Verdict: To get familiar with how statistics work in ML and its processes, this book presents a lot of help. It also analyzes the performance of algorithms with different sets of data which gives you valuable insights into the efficiency of the algorithm and the situations in which it should be ideal. We therefore recommend this book!
- Elements of Statistical Learning- By Trevor Hastie, Robert Tibshirani and Jerome Friedman (Intermediate and advanced)
This book serves as the next volume of the book mentioned first in this section. It discusses advanced concepts like data mining, prediction, and inference about ML.
Pros: This books takes a comprehensive approach towards related concepts like regression techniques, support vector machines with flexible discriminants, ensemble learning, undirected graph models, etc. and uses examples freely. Exercises provided at the end of each concept have some remarkable problems and inspire strategic and out-of-the-box thinking.
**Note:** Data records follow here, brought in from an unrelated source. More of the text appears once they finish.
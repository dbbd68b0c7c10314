//! What an audit knows of each node.
ghost use Rattle.std.specs.Prelude.{◌≡◌, IfOk, length};
ghost use Rattle.std.specs.List.{All};
ghost use Rattle.chord_scenario.specs.World.{node_count};
ghost use Rattle.chord_node.specs.Invariant.{AllNodes};
ghost use Rattle.chord_audit.specs.Tables.{HoldFacts};

use crate::list_facts::{ListFacts, read_lists};
use crate::passes::skipped_ranks;
use crate::ring::ring_of;
use crate::successors::members_of;
use chord_event::Memory;
use chord_node::NodeState;
use chord_scenario::Scenario;
use des_machine::States;
use std::alloc::Global;

/// What an audit knows of each node: whether it is a member, its best successor, whether it is on a
/// ring, and its rank in the order of the identifiers. And of each rank: whether a ring member
/// skips it, and whether a member's list skips it.
#[derive(Drop)]
pub(crate) struct Tables<'a> {
    pub members: Vec<bool>,
    pub best: Vec<Option<u32>>,
    pub ring: Vec<bool>,
    pub ranks: &'a [u32],
    pub skipped: Vec<bool>,
    pub passed: Vec<bool>,
}

impl<'a> Tables<'a> {
    pub fn of<V: States<NodeState>>(
        alloc: Global,
        scenario: &'a Scenario,
        states: &V,
    ) -> Result<Tables<'a>, Memory>
        requires each { length (V.list states.now) ≡ node_count scenario.now }
        requires succ { All (λ state. AllNodes scenario.now state.succ) (V.list states.now) }
        ensures { IfOk result (HoldFacts scenario.entry.now (V.list states.now)) }
    {
        scenario.recall_range();
        let order = scenario.order();
        let members = members_of(alloc, scenario.nodes(), states)?;
        let ListFacts { best, passed } = read_lists(alloc, &order, &members, states)?;
        let ring = ring_of(alloc, &best)?;
        let skipped = skipped_ranks(alloc, order.ranks, &ring, &best)?;
        Ok(Tables {
            members,
            best,
            ring,
            ranks: order.ranks,
            skipped,
            passed,
        })
    }
}
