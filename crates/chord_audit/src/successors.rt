//! Members and their best successors.
ghost use Rattle.std.specs.Prelude.{◌≡◌, ◌<◌, ◌≤◌, ◌^◌, IfOk, OnOk, length, map, find, take};
ghost use Rattle.std.specs.List.{All};
ghost use Rattle.chord_audit.specs.Audit.{is_member};
ghost use Rattle.chord_audit.specs.Tables.{is_marked};

use chord_event::Memory;
use chord_node::{NodeState, Status};
use des_machine::States;
use std::alloc::Global;

/// Which nodes are members.
pub(crate) fn members_of<V: States<NodeState>>(
    alloc: Global,
    nodes: u32,
    states: &V,
) -> Result<Vec<bool>, Memory>
    requires { length (V.list states.now) ≡ nodes }
    ensures { IfOk result (λ members. members.items ≡ map is_member (V.list states.now)) }
{
    let mut members = Vec::new(alloc);
    for node in 0..nodes {
        members.push(states.of(node).status == Status::Member)?;
    }
    Ok(members)
}

/// Adds the best successors of the next nodes, up to the one before `end`.
pub(crate) fn add_best<V: States<NodeState>>(
    best: &mut Vec<Option<u32>>,
    members: &[bool],
    states: &V,
    end: usize,
) -> Result<(), Memory>
    requires next { length best.old.items ≤ end }
    requires end { end ≤ length (V.list states.now) }
    requires few { length (V.list states.now) < 2 ^ 32 }
    requires succ { All (λ state. All (λ n. n < length members.now) state.succ) (V.list states.now) }
    requires before { best.old.items ≡ map (λ state. find (is_marked members.now) state.succ) (take (length best.old.items) (V.list states.now)) }
    ensures { OnOk result (best.new.items ≡ map (λ state. find (is_marked members.now) state.succ) (take end (V.list states.now))) }
{
    for node in best.len()..end {
        let list = states.of(node as u32).succ.as_slice();
        best.push(first_marked(list, members))?;
    }
    Ok(())
}

/// The first marked node of a list.
fn first_marked(list: &[u32], marks: &[bool]) -> Option<u32>
    requires { All (λ n. n < length marks.now) list.now }
    ensures { result ≡ find (is_marked marks.now) list.now }
{
    for node in list {
        if marks[*node as usize] {
            return Some(*node);
        }
    }
    None
}
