//! The audit itself, from the tables of a ring.
ghost use Rattle.std.specs.Prelude.{◌≡◌, ℕ, ◌<◌, ◌^◌, ◌&&◌, IfOk, count_by, is_none, length, not};
ghost use Rattle.std.specs.List.{All, list_any, range_with_len};
ghost use Rattle.chord_scenario.specs.World.{node_count};
ghost use Rattle.chord_node.specs.Invariant.{AllNodes};
ghost use Rattle.chord_node.specs.declared.state.NodeState.{NodeState};
ghost use Rattle.chord_audit.specs.Audit.{audit_facts, AreStates};
ghost use Rattle.chord_audit.specs.Tables.{is_marked, is_marked_rank, node_at};

use crate::audit_line::AuditLine;
use crate::tables::Tables;
use chord_event::Memory;
use chord_node::NodeState;
use chord_scenario::Scenario;
use des_machine::States;
use std::alloc::Global;

/// The facts of a ring at a time in microseconds. There is one state for each node of the scenario.
/// The work grows with the entries of all lists, and with n log n for n nodes.
pub fn audit(
    alloc: Global,
    scenario: &Scenario,
    states: &[NodeState],
    time: u64,
) -> Result<AuditLine, Memory>
    requires each { length states.now ≡ node_count scenario.now }
    requires succ { All (λ state. AllNodes scenario.now state.succ) states.now }
    ensures { IfOk result (λ line. (state : ℕ → NodeState) → AreStates scenario.now states.now state → line ≡ audit_facts scenario.now state time) }
{
    audit_states(alloc, scenario, &states, time)
}

/// The same of states that lie wherever an engine keeps them.
pub fn audit_states<V: States<NodeState>>(
    alloc: Global,
    scenario: &Scenario,
    states: &V,
    time: u64,
) -> Result<AuditLine, Memory>
    requires each { length (V.list states.now) ≡ node_count scenario.now }
    requires succ { All (λ state. AllNodes scenario.now state.succ) (V.list states.now) }
    ensures { IfOk result (λ line. (state : ℕ → NodeState) → AreStates scenario.now (V.list states.now) state → line ≡ audit_facts scenario.now state time) }
{
    let tables = Tables::of(alloc, scenario, states)?;
    let dead = count_dead(&tables.members, &tables.best);
    let principals = count_principals(&tables.members, tables.ranks, &tables.passed);
    Ok(AuditLine {
        time,
        members: count_marked(&tables.members),
        dead,
        ring: count_marked(&tables.ring),
        ordered: !any_skipped(&tables.ring, tables.ranks, &tables.skipped),
        principals,
        sufficient: scenario.list() < principals && dead == 0,
    })
}

/// The number of marked nodes.
fn count_marked(marks: &[bool]) -> u32
    requires { length marks.now < 2 ^ 32 }
    ensures { result ≡ count_by (is_marked marks.now) (range_with_len 0 (length marks.now)) }
{
    let mut count = 0;
    for node in 0..marks.len() {
        if marks[node] {
            count += 1;
        }
    }
    count
}

/// The number of members without a best successor.
fn count_dead(members: &[bool], best: &[Option<u32>]) -> u32
    requires few { length members.now < 2 ^ 32 }
    requires best { length best.now ≡ length members.now }
    ensures { result ≡ count_by (λ n. is_marked members.now n && is_none (node_at best.now n)) (range_with_len 0 (length members.now)) }
{
    let mut count = 0;
    for node in 0..members.len() {
        if members[node] && best[node].is_none() {
            count += 1;
        }
    }
    count
}

/// Whether the rank of some ring node is skipped.
fn any_skipped(ring: &[bool], ranks: &[u32], skipped: &[bool]) -> bool
    requires ranks { length ranks.now ≡ length ring.now }
    requires within { All (λ rank. rank < length skipped.now) ranks.now }
    ensures { result ≡ list_any (λ n. is_marked ring.now n && is_marked_rank ranks.now skipped.now n) (range_with_len 0 (length ring.now)) }
{
    for node in 0..ring.len() {
        if ring[node] && skipped[ranks[node] as usize] {
            return true;
        }
    }
    false
}

/// The number of members whose rank is not skipped by a list.
fn count_principals(members: &[bool], ranks: &[u32], passed: &[bool]) -> u32
    requires few { length members.now < 2 ^ 32 }
    requires ranks { length ranks.now ≡ length members.now }
    requires within { All (λ rank. rank < length passed.now) ranks.now }
    ensures { result ≡ count_by (λ n. is_marked members.now n && not (is_marked_rank ranks.now passed.now n)) (range_with_len 0 (length members.now)) }
{
    let mut count = 0;
    for node in 0..members.len() {
        if members[node] && !passed[ranks[node] as usize] {
            count += 1;
        }
    }
    count
}
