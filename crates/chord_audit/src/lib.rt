//! The audit of a ring: what is right and wrong with it at one time.
#![tactic(auto)]

mod arcs;
mod audit_line;
mod facts;
mod list_facts;
mod passes;
mod ring;
mod successors;
mod tables;

pub use audit_line::AuditLine;
pub use facts::{audit, audit_states};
Cons: It requires the student to have a good hold of statistics and ML basics, preferably with R/Python. (as the book focuses on building predictive models and draw inferences from them)
Verdict: From the point of view that it is a book for intermediate to advanced levels of learning, the language it uses is pretty simple and understandable. It is, however, advisable to read the first volume of this book (mentioned above) before beginning with this one.
Apart from these books, one could refer to line sources like web tutorials, blogs, and journals for new milestones and developments in the Data Sciences. These will also you to learn data science.
Data Science is challenging. Especially when you are switching to this domain without any coding/programming experience. But most data scientists will tell you that it’s job worth all the effort. So, buckle up and embark upon your journey!